I agree with the idea that after 2 years you should know if you have a long term future with someone. However I vehemently disagree that a long term future has to include engagement/marriage unless it's desirable/suitable for both parties.

It's perfectly possible to have a loving, long term, committed relationship without being legally tied to someone. The only time it starts becoming sensible really is when children enter the picture or one half of the couple is encouraged not to work.
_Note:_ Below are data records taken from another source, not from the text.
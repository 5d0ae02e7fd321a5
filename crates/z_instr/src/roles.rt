//! What part an instruction has in the rules of transactions.
ghost use Rattle.std.specs.Prelude.{◌≡◌};
ghost use Rattle.z_instr.specs.Table.{entry_at};
ghost use Rattle.z_instr.specs.Roles.{is_end as ends, sets_access_register as sets_access, is_relative_branch as branches, begins as begins_one, block_named as named};

use crate::addresses::first_address;
use crate::form::has_target;
use crate::instr::Instr;
use crate::kind::{General, Kind, Transaction};
use crate::lookup::line;
use crate::op::Op;
use crate::operand::Demand;

/// Whether the operation is TEND, which takes away a level of a transaction.
pub fn is_end(op: Op) -> bool
    ensures { result ≡ ends (entry_at op.number) }
{
    matches!(line(op).kind, Kind::Transaction(Transaction::End))
}

/// Whether the operation is SAR, which transactions allow only where the effective A control is one.
pub fn sets_access_register(op: Op) -> bool
    ensures { result ≡ sets_access (entry_at op.number) }
{
    matches!(line(op).kind, Kind::General(General::SetAccess))
}

/// Whether the operation branches to a target that stands in the instruction: all that have a target, but for
/// LARL. Asked at each turn of a constrained attempt.
#[inline(always)]
pub fn is_relative_branch(op: Op) -> bool
    ensures { result ≡ branches (entry_at op.number) }
{
    let line = line(op);
    has_target(line.form) && !matches!(line.kind, Kind::General(General::Target))
}

/// Whether the operation begins a transaction: TBEGIN or TBEGINC.
pub fn begins(op: Op) -> bool
    ensures { result ≡ begins_one (entry_at op.number) }
{
    matches!(
        line(op).kind.demand(),
        Demand::Begin | Demand::BeginConstrained
    )
}

/// The address of the diagnostic block that an instruction names: only a TBEGIN with a base register names
/// one.
pub fn block_named(instr: &Instr, general: &[u64; 16]) -> Option<u64>
    ensures { result ≡ named instr.now general.now }
{
    if instr.b == 0 {
        return None;
    }
    match line(instr.op).kind.demand() {
        Demand::Begin => Some(first_address(instr, general)),
        _ => None,
    }
}
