//! Which values the fields of instructions may have.
ghost use Rattle.std.specs.Prelude.{◌≡◌};
ghost use Rattle.z_instr.specs.Table.{entry_at};
ghost use Rattle.z_instr.specs.Ranges.{limits_in, limits_of, is_within};

use crate::form::Form;
use crate::lookup::line;
use crate::op::Op;

/// The numbers from -`below` up to `above`, which is not among them.
#[derive(Clone, Copy)]
pub struct Bounds {
    pub below: u32,
    pub above: u64,
}

/// The values of each field: how many there are from 0 up, or bounds. A field that an instruction lacks
/// has the value 0 alone.
#[derive(Clone, Copy)]
pub struct Limits {
    pub r1: u8,
    pub r2: u8,
    pub r3: u8,
    pub x: u8,
    pub b: u8,
    pub d: Bounds,
    pub b2: u8,
    pub d2: Bounds,
    pub imm: Bounds,
    pub mask: u8,
}

const ZERO_ALONE: Bounds = Bounds { below: 0, above: 1 };

const SHORT: Bounds = Bounds {
    below: 0,
    above: 4096,
};

const LONG: Bounds = Bounds {
    below: 524288,
    above: 524288,
};

const BYTE: Bounds = Bounds {
    below: 0,
    above: 256,
};

const SIGNED_BYTE: Bounds = Bounds {
    below: 128,
    above: 128,
};

const HALF: Bounds = Bounds {
    below: 0,
    above: 65536,
};

const SIGNED_HALF: Bounds = Bounds {
    below: 32768,
    above: 32768,
};

const FULL: Bounds = Bounds {
    below: 0,
    above: 4294967296,
};

const SIGNED_FULL: Bounds = Bounds {
    below: 2147483648,
    above: 2147483648,
};

/// No field at all.
const NOTHING: Limits = Limits {
    r1: 1,
    r2: 1,
    r3: 1,
    x: 1,
    b: 1,
    d: ZERO_ALONE,
    b2: 1,
    d2: ZERO_ALONE,
    imm: ZERO_ALONE,
    mask: 1,
};

/// The limits of these fields, the others being left out.
macro_rules! fields {
    ($($field:ident $values:expr),*) => {
        Limits { $($field: $values,)* ..NOTHING }
    };
}

impl Bounds {
    /// Whether a number is among them.
    pub fn has(self, number: i64) -> bool
        ensures { result ≡ is_within self number }
    {
        if number < 0 {
            number >= -(self.below as i64)
        } else {
            (number as u64) < self.above
        }
    }
}

/// The limits of a form's instructions.
fn form_limits(form: Form) -> Limits
    ensures { result ≡ limits_in form }
{
    match form {
        Form::RR | Form::RRE => fields!(r1 16, r2 16),
        Form::RRMask => fields!(mask 16, r2 16),
        Form::RRSingle | Form::RRESingle => fields!(r1 16),
        Form::I => fields!(imm BYTE),
        Form::RXa => fields!(r1 16, x 16, b 16, d SHORT),
        Form::RXb => fields!(mask 16, x 16, b 16, d SHORT),
        Form::RRFa => fields!(r1 16, r2 16, r3 16),
        Form::RRFc => fields!(r1 16, r2 16, mask 16),
        Form::RXYa => fields!(r1 16, x 16, b 16, d LONG),
        Form::RIa => fields!(r1 16, imm HALF),
        Form::RIaSigned | Form::RIb => fields!(r1 16, imm SIGNED_HALF),
        Form::RIc => fields!(mask 16, imm SIGNED_HALF),
        Form::RILa => fields!(r1 16, imm FULL),
        Form::RILaSigned | Form::RILb => fields!(r1 16, imm SIGNED_FULL),
        Form::RILc => fields!(mask 16, imm SIGNED_FULL),
        Form::RSa => fields!(r1 16, r3 16, b 16, d SHORT),
        Form::RSaSingle => fields!(r1 16, b 16, d SHORT),
        Form::RSYa => fields!(r1 16, r3 16, b 16, d LONG),
        Form::RSYb => fields!(r1 16, mask 16, b 16, d LONG),
        Form::SI => fields!(b 16, d SHORT, imm BYTE),
        Form::SIY => fields!(b 16, d LONG, imm SIGNED_BYTE),
        Form::SIL => fields!(b 16, d SHORT, imm HALF),
        Form::SILSigned => fields!(b 16, d SHORT, imm SIGNED_HALF),
        Form::S => fields!(b 16, d SHORT),
        Form::SAlone => NOTHING,
        Form::SSa => fields!(b 16, d SHORT, b2 16, d2 SHORT, imm BYTE),
        Form::RIEb => fields!(r1 16, r2 16, mask 16, imm SIGNED_HALF),
        Form::RIEc => fields!(r1 16, mask 16, imm SIGNED_HALF, d2 SIGNED_BYTE),
    }
}

/// The limits of the fields of an operation's instructions.
pub fn field_limits(op: Op) -> Limits
    ensures { result ≡ limits_of (entry_at op.number) }
{
    form_limits(line(op).form)
}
That's when the full necessity of the legal contract of marriage really becomes important.

TAKESNOSHITSHIRLEY · 23/03/2022 16:25

utter rubbish.

i was together with my only boyfriend for 22 years and if he didnt f off with my best friend in 2020 we would have been together until old age but i had no intention of getting engaged or marriage and he knew it, he was told never to ask as he would be very disappointed as i dont agree with the old fashioned idea and im a atheist so to me there was no need.
he knew it was only him i loved as he was 17 me 18 when we got together and was each others first for everything,2 kids and we were going to try for another one.
i was a few months of 40 when he betrayed me.

SunshineSasha · 23/03/2022 16:25

Not heard of it but would strongly disagree there is a blanket rule - would make a huge difference depending on age, what you want from a relationship, whether you have children already / want more, etc.